Exploring Limits of f(x,y) at the Origin

[STEMucator]

Homework Statement

Let f(x,y) be defined :

f(x,y) = 0 for all (x,y) unless x⁴ < y < x²
f(x,y) = 1 for all (x,y) where x⁴ < y < x²

Show that f(x,y) → 0 as (x,y) → 0 on any straight line through (0,0). Determine if lim f(x,y) exists as (x,y) → (0,0).

Homework Equations

Polar co - ordinates maybe?

The Attempt at a Solution

Pretty confused with this one actually. Not sure where to start.

I want to show f(x,y) → 0 as (x,y) → 0 on any straight line through the origin. So would I pick let's say y=x.

Then f(x,x) = I'm not sure, having trouble with the inequalities.

 

[jbunniii]

Is the following true or false? $x^4 < x < x^2$

 

[LCKurtz]

Homework Statement

Let f(x,y) be defined :

f(x,y) = 0 for all (x,y) unless x⁴ < y < x²
f(x,y) = 1 for all (x,y) where x⁴ < y < x²

Show that f(x,y) → 0 as (x,y) → 0 on any straight line through (0,0). Determine if lim f(x,y) exists as (x,y) → (0,0).

Homework Equations

Polar co - ordinates maybe?

The Attempt at a Solution

Pretty confused with this one actually. Not sure where to start.

I want to show f(x,y) → 0 as (x,y) → 0 on any straight line through the origin. So would I pick let's say y=x.

Then f(x,x) = I'm not sure, having trouble with the inequalities.

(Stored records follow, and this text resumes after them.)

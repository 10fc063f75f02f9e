//! The runner of operations.
ghost use Rattle.std.specs.Prelude.{◌≡◌, true, false};
ghost use Rattle.rq_engine.specs.Says.{call_of};
ghost use Rattle.rq_model.specs.History.{Call};
ghost use Rattle.rq_model.specs.Causes.{starts_one};
ghost use Rattle.rq_workers.specs.Hearing.{may_try_again, wants_memory, operation_of, turn_of};
ghost use Rattle.rq_workers.specs.Operations.{Carries, GoesThrough, IsTried, once_answered, started_stage, stepped_stage};
ghost use Rattle.rq_workers.specs.Operations.Stage.{Starting, Due, Over};
ghost use Rattle.rq_workers.specs.declared.acts.Part.TheVariants.{Step as Step_part};

use crate::acts::{AfterStep, Heard, Part, RunEnd, end_by};
use crate::gate::{BEFORE_AGAIN, BETWEEN_STEPS, Gate};
use crate::steps::Steps;
use crate::worker::Worker;
use rq_engine::event::Event;
use rq_model::refusal::Refusal;
use rq_model::txn::Sub;
use std::sync::Wait;

impl<G: Gate + Drop, S: Steps> Worker<G, S> {
    /// Goes through the operation that this call starts: the start, its steps until all slots are written, its finish.
    /// A start that is refused as Latched or NoMemory, and a step or a finish that is refused as NoMemory, is tried
    /// again. An operation that was started is gone through whatever the gate says, until it is finished or refused for
    /// something else. A call that starts no operation is not made.
    pub fn run<R: Wait>(&mut self, rt: &R, start: &Event) -> RunEnd
        ensures starts { starts_one (call_of start.now) ≡ true
            → GoesThrough (call_of start.now) self.old self.new result }
        ensures starts_none { starts_one (call_of start.now) ≡ false → (self.new ≡ self.old) × (result ≡ RunEnd.Other) }
    {
        if !is_start(start) {
            return RunEnd::Other;
        }
        match self.started(rt, start) {
            Ok(sub) => end_by(self.gone_through(rt, sub)),
            Err(last) => end_by(last),
        }
    }

    // Calls the start until it is answered for good, or the gate says no.
    fn started<R: Wait>(&mut self, rt: &R, start: &Event) -> Result<Sub, Heard>
        requires { starts_one (call_of start.now) ≡ true }
        ensures { Carries (call_of start.now) Starting self.old (started_stage result) self.new }
    {
        for _ in rt.forever() {
            let heard = self.tried(start);
            if !may_be_tried_again(&heard) {
                return operation(heard);
            }
            if !self.asks(BEFORE_AGAIN) {
                return Err(heard);
            }
        }
        unreachable!()
    }

    // Calls the start, where there is memory for a copy of it.
    fn tried(&mut self, start: &Event) -> Heard
        requires { starts_one (call_of start.now) ≡ true }
        ensures { IsTried (call_of start.now) self.old result self.new }
    {
        match self.copies(start) {
            Some(event) => self.calls(event),
            None => Heard::Refused(Refusal::NoMemory),
        }
    }

    // Makes the steps of an operation, and finishes it: the last answer.
    fn gone_through<R: Wait>(&mut self, rt: &R, sub: Sub) -> Heard
        ensures { (c : Call) → Carries c (Due Step_part sub) self.old (Over result) self.new }
    {
        match self.stepped(rt, sub) {
            Some(last) => last,
            None => self.answered(rt, Part::Finish, sub),
        }
    }

    // Makes the steps of an operation until all its slots are written: None, or the last answer.
    fn stepped<R: Wait>(&mut self, rt: &R, sub: Sub) -> Option<Heard>
        ensures { (c : Call) → Carries c (Due Step_part sub) self.old (stepped_stage sub result) self.new }
    {
        for _ in rt.forever() {
            match after_step(self.answered(rt, Part::Step, sub)) {
                AfterStep::Again => self.asks(BETWEEN_STEPS),
                AfterStep::Ready => return None,
                AfterStep::Last(last) => return Some(last),
            };
        }
        unreachable!()
    }

    // Calls a part of an operation until memory is not what is wanting.
    fn answered<R: Wait>(&mut self, rt: &R, part: Part, sub: Sub) -> Heard
        ensures { (c : Call) → Carries c (Due part sub) self.old (once_answered part sub result) self.new }
    {
        for _ in rt.forever() {
            let heard = self.calls(part.event(sub));
            if !is_no_memory(&heard) {
                return heard;
            }
            self.asks(BEFORE_AGAIN);
        }
        unreachable!()
    }
}

// Whether the call starts an operation.
fn is_start(event: &Event) -> bool
    ensures { result ≡ starts_one (call_of event.now) }
{
    match event {
        Event::StartSend { .. } => true,
        Event::StartReceive(_) => true,
        Event::StartReceiveFrom { .. } => true,
        Event::StartClose { .. } => true,
        Event::StartMark { .. } => true,
        Event::UndoNext(_) => true,
        Event::Begin => false,
        Event::Step(_) => false,
        Event::Finish(_) => false,
        Event::Commit(_) => false,
        Event::StartAbort(_) => false,
        Event::EndAbort(_) => false,
        Event::Acknowledged(_) => false,
        Event::HandOver => false,
        Event::Force => false,
        Event::Checkpoint => false,
        Event::Migrate(_) => false,
        Event::WritePage(_) => false,
        Event::LastTag(_) => false,
        Event::ClientTag(_) => false,
        Event::Content => false,
    }
}

// Whether a start that was answered so may be tried again.
fn may_be_tried_again(heard: &Heard) -> bool
    ensures { result ≡ may_try_again heard.now }
{
    match heard {
        Heard::Refused(Refusal::NoMemory) => true,
        Heard::Refused(Refusal::Latched) => true,
        _ => false,
    }
}

fn is_no_memory(heard: &Heard) -> bool
    ensures { result ≡ wants_memory heard.now }
{
    match heard {
        Heard::Refused(Refusal::NoMemory) => true,
        _ => false,
    }
}

// The operation that was started, or the answer.
fn operation(heard: Heard) -> Result<Sub, Heard>
    ensures { result ≡ operation_of heard }
{
    match heard {
        Heard::Started(sub) => Ok(sub),
        Heard::NoMessage => Err(heard),
        Heard::NothingLeft => Err(heard),
        Heard::Done(_) => Err(heard),
        Heard::Ready => Err(heard),
        Heard::Finished(_) => Err(heard),
        Heard::Refused(_) => Err(heard),
        Heard::Other => Err(heard),
    }
}

// How an operation goes on once a step was answered so.
fn after_step(heard: Heard) -> AfterStep
    ensures { result ≡ turn_of heard }
{
    match heard {
        Heard::Started(_) => AfterStep::Last(heard),
        Heard::NoMessage => AfterStep::Last(heard),
        Heard::NothingLeft => AfterStep::Last(heard),
        Heard::Done(_) => AfterStep::Again,
        Heard::Ready => AfterStep::Ready,
        Heard::Finished(_) => AfterStep::Last(heard),
        Heard::Refused(_) => AfterStep::Last(heard),
        Heard::Other => AfterStep::Last(heard),
    }
}
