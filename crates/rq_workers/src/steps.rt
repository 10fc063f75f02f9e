//! How a worker calls a store.
ghost use Rattle.std.specs.Prelude.{◌≡◌, ◌≤◌, ◌+◌, ℕ, List, ◌∷◌, true, IfSome, IfNone};
ghost use Rattle.rq_engine.specs.Says.{call_of, has_body};
ghost use Rattle.rq_workers.specs.Forcing.{lsn_forced};
ghost use Rattle.rq_workers.specs.Keeping.{count_left};
ghost use Rattle.rq_shared.specs.declared.kept.Stamped.{Stamped as Stamp};

use rq_engine::event::Event;
use rq_shared::kept::Stamped;

/// The calls of a store, one at a time, and the copies of what is to be called more than once.
pub trait Steps {
    /// The stamps of the calls made so far, the newest first.
    ghost made: { Self → List Stamp };

    /// Those of them that `force` answered, the newest first.
    ghost forced: { Self → List Stamp };

    /// The stamps handed on so far, the newest first.
    ghost told: { Self → List Stamp };

    /// How often memory was wanting for a copy.
    ghost lacked: { Self → ℕ };

    /// How many of its calls left an entry, as the audit, or the pass that it calls under, counts them.
    ghost counted: { Self → ℕ };

    /// No smaller than any LSN that `force` answered, and never falling: that of `SharedSteps` is what its seat of the mark
    /// saw.
    ghost shown: { Self → ℕ };

    /// Makes the call that the event stands for.
    fn call(&mut self, event: Event) -> Stamped
        ensures event { result.event ≡ event }
        ensures made { made self.new ≡ result ∷ made self.old }
        ensures forced { forced self.new ≡ forced self.old }
        ensures told { told self.new ≡ told self.old }
        ensures lacked { lacked self.new ≡ lacked self.old }
        ensures counted { counted self.new ≡ count_left result + counted self.old }
        ensures shown { shown self.old ≤ shown self.new };

    /// Forces. What `shown` says is at least what was forced.
    fn force(&mut self) -> Stamped
        ensures event { result.event ≡ Event.Force }
        ensures made { made self.new ≡ result ∷ made self.old }
        ensures forced { forced self.new ≡ result ∷ forced self.old }
        ensures told { told self.new ≡ told self.old }
        ensures lacked { lacked self.new ≡ lacked self.old }
        ensures counted { counted self.new ≡ count_left result + counted self.old }
        ensures shown { (shown self.old ≤ shown self.new) × (lsn_forced result.reply ≤ shown self.new) };

    /// Is handed a stamp, once it was read.
    fn seen(&mut self, stamped: Stamped)
        ensures made { made self.new ≡ made self.old }
        ensures forced { forced self.new ≡ forced self.old }
        ensures told { told self.new ≡ stamped ∷ told self.old }
        ensures lacked { lacked self.new ≡ lacked self.old }
        ensures counted { counted self.new ≡ counted self.old }
        ensures shown { shown self.old ≤ shown self.new };

    /// A copy of what is to be called, where there is memory for the body that it has.
    fn copy(&mut self, event: &Event) -> Option<Event>
        ensures copy { IfSome result (λ copy. (call_of copy ≡ call_of event.now) × (lacked self.new ≡ lacked self.old)) }
        ensures lacked { IfNone result (lacked self.new ≡ lacked self.old + 1) }
        ensures body { IfNone result (has_body (call_of event.now) ≡ true) }
        ensures made { made self.new ≡ made self.old }
        ensures forced { forced self.new ≡ forced self.old }
        ensures told { told self.new ≡ told self.old }
        ensures counted { counted self.new ≡ counted self.old }
        ensures shown { shown self.old ≤ shown self.new };
}
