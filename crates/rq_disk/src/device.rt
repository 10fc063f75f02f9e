//! What callers may know of a device of pages and of a device of a log. They may know what reads give, and what a crash
//! now may leave. They may also know what a crash at some moment since an earlier one may have left.
//!
//! Callers are generic in both, and reach everything through the ghost members. A call that errs has done nothing, or
//! the device has stopped in it, its work done or not. So each clause on what a crash leaves stands on every answer.
ghost use Rattle.std.specs.Prelude.{◌≡◌, ◌≢◌, ◌⊎◌, ◌≤◌, ◌-◌, ◌++◌, List, ℕ, length, take, drop, min, IfOk, OnOk, OnErr, IsErr};
ghost use Rattle.rq_disk.specs.Device.{Images, PageAsk, LogAsk, Leaves, Holds, Written, NoMore, Appended, CutOff, Replaced, IsCutBetween, Only, Elapses, ElapsesThrough, FailureIsCounted, Stays};
ghost use Rattle.rq_disk.specs.Records.{AreRecords};

use thiserror::Error;

/// The bytes of a page.
pub const PAGE: usize = 4096;

/// The device could not do what was asked. Its count of failures tells that it was the device.
#[derive(Clone, Copy, Debug, PartialEq, Eq, Error)]
#[error("the device failed")]
pub struct DeviceFailed;

/// A device of pages, numbered from 0. A page is written whole; what was written is durable once synced.
pub trait PageDevice {
    /// The image that a read of a page gives.
    ghost seen: { Self → Images };

    /// Each answer so far was that of an honest device.
    ghost honest: { Self → Type 0 };

    /// The images that a crash at this moment may leave of a page. Each page has its own by itself.
    ghost may_be: { Self → ℕ → List ℕ → Type 0 };

    /// It has stopped: no call does anything any more.
    ghost stopped: { Self → Type 0 };

    /// The moment, as a number that never falls.
    ghost moment: { Self → ℕ };

    /// What a crash at some moment from that one on may have left.
    ghost left_since: { Self → ℕ → Images → Type 0 };

    /// How often a call has failed, modulo 2^64.
    ghost faults: { Self → ℕ };

    /// What excuses a call that was asked this and has erred, by the device before and after it. An implementation that
    /// leaves this out may err for no reason.
    ghost excuse: { PageAsk → Self → Self → Type 0 } = { λ _ _ _. Unit {0} };

    /// How often a call has failed, modulo 2^64. Only a call that errs counts, and it counts one.
    fn failures(&self) -> u64
        ensures { result ≡ faults self.now };

    /// Reads a page.
    fn read(&mut self, page: u32, into: &mut [u8; PAGE]) -> Result<(), DeviceFailed>
        ensures image { OnOk result (honest self.new → into.new ≡ seen self.old page) }
        ensures seen { seen self.new ≡ seen self.old }
        ensures crash { NoMore (may_be self.old) (may_be self.new) }
        ensures time { Elapses (moment self.old) (moment self.new) (left_since self.old) (left_since self.new)
            (Leaves (may_be self.new)) }
        ensures honest { honest self.new → honest self.old }
        ensures failed { honest self.new → OnErr result
            (stopped self.new ⊎ Stays (seen self.old) (seen self.new) (Leaves (may_be self.old))
            (Leaves (may_be self.new))) }
        ensures still { honest self.new → stopped self.old → IsErr result × stopped self.new ×
            Stays (seen self.old) (seen self.new) (Leaves (may_be self.old)) (Leaves (may_be self.new)) }
        ensures cause { FailureIsCounted (faults self.old) (faults self.new) result }
        ensures excused { OnErr result (excuse (PageAsk.Reads page) self.old self.new) };

    /// Writes a page. The image is durable only after a sync.
    fn write(&mut self, page: u32, image: &[u8; PAGE]) -> Result<(), DeviceFailed>
        ensures others { (p : ℕ) → p ≢ page → seen self.new p ≡ seen self.old p }
        ensures written { OnOk result (Holds (seen self.old) page image.now (seen self.new)) }
        ensures crash { Written page image.now (may_be self.old) (may_be self.new) }
        ensures time { Elapses (moment self.old) (moment self.new) (left_since self.old) (left_since self.new)
            (Leaves (may_be self.new)) }
        ensures honest { honest self.new → honest self.old }
        ensures failed { honest self.new → OnErr result
            (stopped self.new ⊎ Stays (seen self.old) (seen self.new) (Leaves (may_be self.old))
            (Leaves (may_be self.new))) }
        ensures still { honest self.new → stopped self.old → IsErr result × stopped self.new ×
            Stays (seen self.old) (seen self.new) (Leaves (may_be self.old)) (Leaves (may_be self.new)) }
        ensures cause { FailureIsCounted (faults self.old) (faults self.new) result }
        ensures excused { OnErr result (excuse (PageAsk.Writes page image.now) self.old self.new) };

    /// Makes everything written so far durable.
    fn sync(&mut self) -> Result<(), DeviceFailed>
        ensures durable { OnOk result ((p : ℕ) → Only (seen self.old p) (may_be self.new p)) }
        ensures seen { seen self.new ≡ seen self.old }
        ensures crash { NoMore (may_be self.old) (may_be self.new) }
        ensures time { Elapses (moment self.old) (moment self.new) (left_since self.old) (left_since self.new)
            (Leaves (may_be self.new)) }
        ensures honest { honest self.new → honest self.old }
        ensures failed { honest self.new → OnErr result
            (stopped self.new ⊎ Stays (seen self.old) (seen self.new) (Leaves (may_be self.old))
            (Leaves (may_be self.new))) }
        ensures still { honest self.new → stopped self.old → IsErr result × stopped self.new ×
            Stays (seen self.old) (seen self.new) (Leaves (may_be self.old)) (Leaves (may_be self.new)) }
        ensures cause { FailureIsCounted (faults self.old) (faults self.new) result }
        ensures excused { OnErr result (excuse PageAsk.Syncs self.old self.new) };

    /// A crash may leave what reads give.
    ghost seen_may_be: { (d : Self) (p : ℕ) → may_be d p (seen d p) };

    /// This moment is one of those since an earlier one.
    ghost counts_now: { (d : Self) (t : ℕ) (c : Images) → t ≤ moment d → Leaves (may_be d) c → left_since d t c };

    /// Since this moment there is no other.
    ghost only_now: { (d : Self) (c : Images) → left_since d (moment d) c → Leaves (may_be d) c };
}

/// A device of a log: bytes that grow at the end, whole records at a time, and may be cut off there, or be replaced. What was
/// appended is durable once forced. A record is a big-endian `u32` length and that many bytes.
pub trait LogDevice {
    /// The bytes that reads give.
    ghost seen: { Self → List ℕ };

    /// Each answer so far was that of an honest device.
    ghost honest: { Self → Type 0 };

    /// The bytes that a crash at this moment may leave.
    ghost may_leave: { Self → List ℕ → Type 0 };

    /// It has stopped: no call does anything any more.
    ghost stopped: { Self → Type 0 };

    /// The moment, as a number that never falls.
    ghost moment: { Self → ℕ };

    /// What a crash at some moment from that one on may have left.
    ghost left_since: { Self → ℕ → List ℕ → Type 0 };

    /// How often a call has failed, modulo 2^64.
    ghost faults: { Self → ℕ };

    /// What excuses a call that was asked this and has erred, by the device before and after it. An implementation that
    /// leaves this out may err for no reason.
    ghost excuse: { LogAsk → Self → Self → Type 0 } = { λ _ _ _. Unit {0} };

    /// How often a call has failed, modulo 2^64. Only a call that errs counts, and it counts one.
    fn failures(&self) -> u64
        ensures { result ≡ faults self.now };

    /// Reads from the byte `at` on, as many bytes as there are and fit, and answers how many.
    fn read(&mut self, at: u64, into: &mut [u8]) -> Result<usize, DeviceFailed>
        ensures within { IfOk result (λ n. n ≤ length into.old) }
        ensures count { IfOk result (λ n. honest self.new → n ≡ min (length into.old) (length (seen self.old) - at)) }
        ensures bytes { IfOk result (λ n. honest self.new
            → into.new ≡ take n (drop at (seen self.old)) ++ drop n into.old) }
        ensures seen { seen self.new ≡ seen self.old }
        ensures crash { (c : List ℕ) → may_leave self.new c → may_leave self.old c }
        ensures time { Elapses (moment self.old) (moment self.new) (left_since self.old) (left_since self.new)
            (may_leave self.new) }
        ensures honest { honest self.new → honest self.old }
        ensures failed { honest self.new → OnErr result
            (stopped self.new ⊎ Stays (seen self.old) (seen self.new) (may_leave self.old) (may_leave self.new)) }
        ensures still { honest self.new → stopped self.old → IsErr result × stopped self.new ×
            Stays (seen self.old) (seen self.new) (may_leave self.old) (may_leave self.new) }
        ensures cause { FailureIsCounted (faults self.old) (faults self.new) result }
        ensures excused { OnErr result (excuse (LogAsk.Reads at) self.old self.new) };

    /// Appends whole records. They are durable only after a force; a crash before it leaves the first few of their bytes.
    fn append(&mut self, bytes: &[u8]) -> Result<(), DeviceFailed>
        requires { (n : ℕ) × AreRecords n bytes.now }
        ensures added { OnOk result (seen self.new ≡ seen self.old ++ bytes.now) }
        ensures crash { Appended (seen self.old) bytes.now (may_leave self.old) (may_leave self.new) }
        ensures time { Elapses (moment self.old) (moment self.new) (left_since self.old) (left_since self.new)
            (may_leave self.new) }
        ensures honest { honest self.new → honest self.old }
        ensures failed { honest self.new → OnErr result
            (stopped self.new ⊎ Stays (seen self.old) (seen self.new) (may_leave self.old) (may_leave self.new)) }
        ensures still { honest self.new → stopped self.old → IsErr result × stopped self.new ×
            Stays (seen self.old) (seen self.new) (may_leave self.old) (may_leave self.new) }
        ensures cause { FailureIsCounted (faults self.old) (faults self.new) result }
        ensures excused { OnErr result (excuse (LogAsk.Appends bytes.now) self.old self.new) };

    /// Makes everything appended so far durable.
    fn force(&mut self) -> Result<(), DeviceFailed>
        ensures durable { OnOk result (Only (seen self.old) (may_leave self.new)) }
        ensures seen { seen self.new ≡ seen self.old }
        ensures crash { (c : List ℕ) → may_leave self.new c → may_leave self.old c }
        ensures time { Elapses (moment self.old) (moment self.new) (left_since self.old) (left_since self.new)
            (may_leave self.new) }
        ensures honest { honest self.new → honest self.old }
        ensures failed { honest self.new → OnErr result
            (stopped self.new ⊎ Stays (seen self.old) (seen self.new) (may_leave self.old) (may_leave self.new)) }
        ensures still { honest self.new → stopped self.old → IsErr result × stopped self.new ×
            Stays (seen self.old) (seen self.new) (may_leave self.old) (may_leave self.new) }
        ensures cause { FailureIsCounted (faults self.old) (faults self.new) result }
        ensures excused { OnErr result (excuse LogAsk.Forces self.old self.new) };

    /// Cuts off what is behind the first `len` bytes, and makes these durable. If these bytes were durable before, a crash in it
    /// leaves at least them.
    fn cut(&mut self, len: u64) -> Result<(), DeviceFailed>
        ensures left { OnOk result (seen self.new ≡ take len (seen self.old)) }
        ensures durable { OnOk result (Only (take len (seen self.old)) (may_leave self.new)) }
        ensures crash { CutOff (seen self.old) len (may_leave self.old) (may_leave self.new) }
        ensures time { ElapsesThrough (moment self.old) (moment self.new) (left_since self.old) (left_since self.new)
            (may_leave self.new) (IsCutBetween (seen self.old) len) }
        ensures honest { honest self.new → honest self.old }
        ensures failed { honest self.new → OnErr result
            (stopped self.new ⊎ Stays (seen self.old) (seen self.new) (may_leave self.old) (may_leave self.new)) }
        ensures still { honest self.new → stopped self.old → IsErr result × stopped self.new ×
            Stays (seen self.old) (seen self.new) (may_leave self.old) (may_leave self.new) }
        ensures cause { FailureIsCounted (faults self.old) (faults self.new) result }
        ensures excused { OnErr result (excuse (LogAsk.Cuts len) self.old self.new) };

    /// Puts whole records in the place of all that is there, and makes them durable. A crash in it leaves what it might have left
    /// before, or exactly these.
    fn replace(&mut self, bytes: &[u8]) -> Result<(), DeviceFailed>
        requires { (n : ℕ) × AreRecords n bytes.now }
        ensures left { OnOk result (seen self.new ≡ bytes.now) }
        ensures durable { OnOk result (Only bytes.now (may_leave self.new)) }
        ensures crash { Replaced bytes.now (may_leave self.old) (may_leave self.new) }
        ensures time { Elapses (moment self.old) (moment self.new) (left_since self.old) (left_since self.new)
            (may_leave self.new) }
        ensures honest { honest self.new → honest self.old }
        ensures failed { honest self.new → OnErr result
            (stopped self.new ⊎ Stays (seen self.old) (seen self.new) (may_leave self.old) (may_leave self.new)) }
        ensures still { honest self.new → stopped self.old → IsErr result × stopped self.new ×
            Stays (seen self.old) (seen self.new) (may_leave self.old) (may_leave self.new) }
        ensures cause { FailureIsCounted (faults self.old) (faults self.new) result }
        ensures excused { OnErr result (excuse (LogAsk.Replaces bytes.now) self.old self.new) };

    /// A crash may leave what reads give.
    ghost seen_may_be_left: { (d : Self) → may_leave d (seen d) };

    /// This moment is one of those since an earlier one.
    ghost counts_now: { (d : Self) (t : ℕ) (c : List ℕ) → t ≤ moment d → may_leave d c → left_since d t c };

    /// Since this moment there is no other.
    ghost only_now: { (d : Self) (c : List ℕ) → left_since d (moment d) c → may_leave d c };
}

No, you don't want polar coordinates on this. In the xy plane draw your two curves $y=x^4$ and $y=x^2$. Note in your picture which areas have f(x,y) = 0 and which have f(x,y)=1. Then draw lines $y=mx$ for various $m$. You should be able to see graphically why f(x,y) → 0 along those lines as (x,y)→ (0,0). Then can you find a path where it doesn't go to zero?

 

[STEMucator]

Is the following true or false? $x^4 < x < x^2$

This is false.

Also @ LC, I used wolfram to plot the curves for me http://www.wolframalpha.com/input/?i=plot+y%3Dx^4+plot+y%3Dx^2

I understand what you mean geometrically, I can't find any line y=mx where the graph does not go through the origin.

Its the analytical portion I'm confused about.

 

[LCKurtz]

Also @ LC, I used wolfram to plot the curves for me http://www.wolframalpha.com/input/?i=plot+y%3Dx^4+plot+y%3Dx^2

I understand what you mean geometrically, I can't find any line y=mx where the graph does not go through the origin.

Of course the lines y=mx go through the origin. It is the value of f(x,y) on the line and near (0,0) that you are interested in. Did you observe where in the plane f = 1 and f = 0 on your picture like I suggested?

 

[SammyS]

Where does the line, y = mx, intersect the parabola, y = x² ?

 

[STEMucator]

Okay i think i got it.

So any line y=mx we draw will not be fully contained in the region x^4 < y < x^2.

So lim f(x,mx) as (x,y) -> (0,0) = 0 for all (x,y).

Now considering the graph of y=x^3, the path of x^3 is contained within the region x^4 < y < x^2.

So lim f(x,x^3) as (x,y) -> (0,0) = 1 for all (x,y).

Since the two limits are not the same the limit doesn't exist?

 

[LCKurtz]

That's the idea. You have a bit of work to do to actually prove it. Do you understand why Sammy asked where y=mx intersects y = x²?

 

[STEMucator]

That's the idea. You have a bit of work to do to actually prove it. Do you understand why Sammy asked where y=mx intersects y = x²?

They only intersect at the origin (depending on m). Not sure why that's relevant though.

 

[SammyS]

They only intersect at the origin (depending on m). Not sure why that's relevant though.

Check your algebra. (The only case of one solution is for m=0.)

$\displaystyle \text{If }x^2=mx\,,\text{ then }\ \ x^2-mx=0 \quad \Rightarrow\quad(x-m)x=0\ .$

What are the two solutions to that?

 

[LCKurtz]

They only intersect at the origin (depending on m). Not sure why that's relevant though.

Think about y = mx for m really small and positive, so the line is very very close to horizontal. That line is going to get in between the two curves and f(x,y) will equal 1 in there and be close to the origin. How do you know it doesn't stay between them as x approaches 0? And that gives a problem with the limit being 0 along all straight lines through the origin. That is the crux of this problem.